◆ What to work on
The lines to copy run from the one containing "items begins with these bytes." to the end of the records below; repeat them exactly and include nothing else.

────────

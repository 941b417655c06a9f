//! The forms of jumps: one of two bytes exactly where it reaches its label.

ghost use Rattle.std.specs.Prelude.{[], false, IsTrue};
ghost use Rattle.sch_asm.specs.Items.{AreItems, AreKnown, AreOwn, IsEachOnce, labels_in, marks_arrive};

use crate::fills::program;
use crate::routines::resolved;
use sch_asm::{Asm, AsmError, Item};
use sch_insn::condition::L;
use sch_insn::{Arg, Insn};
use sch_word::registers::RAX;
use std::alloc::Global;
use std::test::Fail;

/// An instruction of ten bytes, and one of seven.
const TEN: Item = Item::Plain(Insn::MovWord(RAX, 0));

const SEVEN: Item = Item::Plain(Insn::MovNumber(Arg::Reg(RAX), 0));

/// A jump over 127 bytes.
const OVER_127: [Item; 15] = [
    Item::Jump(1024),
    TEN,
    TEN,
    TEN,
    TEN,
    TEN,
    TEN,
    TEN,
    TEN,
    TEN,
    TEN,
    TEN,
    TEN,
    SEVEN,
    Item::Label(1024),
];

/// A jump over 128 bytes.
const OVER_128: [Item; 16] = [
    Item::Jump(1024),
    TEN,
    TEN,
    TEN,
    TEN,
    TEN,
    TEN,
    TEN,
    TEN,
    TEN,
    TEN,
    SEVEN,
    SEVEN,
    SEVEN,
    SEVEN,
    Item::Label(1024),
];

/// A jump on a condition over five bytes, of which two are a jump.
const ON_A_CONDITION: [Item; 4] = [
    Item::JumpIf(L, 1024),
    Item::Plain(Insn::AddTo(Arg::Reg(RAX), RAX)),
    Item::Jump(1024),
    Item::Label(1024),
];

const TO_ITSELF: [Item; 2] = [Item::Label(1024), Item::Jump(1024)];

// Whether the text of a program and the routines begins with these bytes.
fn begins_with(alloc: Global, program: &Asm, bytes: &[u8]) -> Result<bool, AsmError>
    requires { AreOwn program.now.items }
{
    let resolved = resolved(alloc, program)?;
    Ok(resolved.code.into_bytes().as_slice().starts_with(bytes))
}

// The text of these items begins with these bytes.
fn check_begin(alloc: Global, items: &[Item], bytes: &[u8]) -> Result<(), Fail>
    requires own { AreOwn items.now }
    requires sound { AreItems items.now }
    requires once { IsEachOnce (labels_in items.now) }
    requires known { AreKnown items.now [] }
    requires marked { IsTrue (marks_arrive false items.now) }
{
    let program = program(alloc, items)?;
    if begins_with(alloc, &program, bytes)? {
        return Ok(());
    }
    Err(Fail::from("other bytes"))
}

#[test]
fn a_jump_is_short_where_it_reaches(rt: HostRuntime) -> Result<(), Fail> {
    check_begin(rt.alloc(), &OVER_127, &[0xEB, 0x7F])?;
    check_begin(rt.alloc(), &OVER_128, &[0xE9, 0x80, 0, 0, 0])
}

#[test]
fn a_jump_over_a_jump_is_short(rt: HostRuntime) -> Result<(), Fail> {
    let bytes = [0x7C, 0x05, 0x48, 0x01, 0xC0, 0xEB, 0x00];
    check_begin(rt.alloc(), &ON_A_CONDITION, &bytes)?;
    check_begin(rt.alloc(), &TO_ITSELF, &[0xEB, 0xFE])
}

────────

◆ Response box
// The text of these items begins with these bytes.
fn check_begin(alloc: Global, items: &[Item], bytes: &[u8]) -> Result<(), Fail>
    requires own { AreOwn items.now }
    requires sound { AreItems items.now }
    requires once { IsEachOnce (labels_in items.now) }
    requires known { AreKnown items.now [] }
    requires marked { IsTrue (marks_arrive false items.now) }
{
    let program = program(alloc, items)?;
    if begins_with(alloc, &program, bytes)? {
        return Ok(());
    }
    Err(Fail::from("other bytes"))
}

#[test]
fn a_jump_is_short_where_it_reaches(rt: HostRuntime) -> Result<(), Fail> {
    check_begin(rt.alloc(), &OVER_127, &[0xEB, 0x7F])?;
    check_begin(rt.alloc(), &OVER_128, &[0xE9, 0x80, 0, 0, 0])
}

#[test]
fn a_jump_over_a_jump_is_short(rt: HostRuntime) -> Result<(), Fail> {
    let bytes = [0x7C, 0x05, 0x48, 0x01, 0xC0, 0xEB, 0x00];
    check_begin(rt.alloc(), &ON_A_CONDITION, &bytes)?;
    check_begin(rt.alloc(), &TO_ITSELF, &[0xEB, 0xFE])
}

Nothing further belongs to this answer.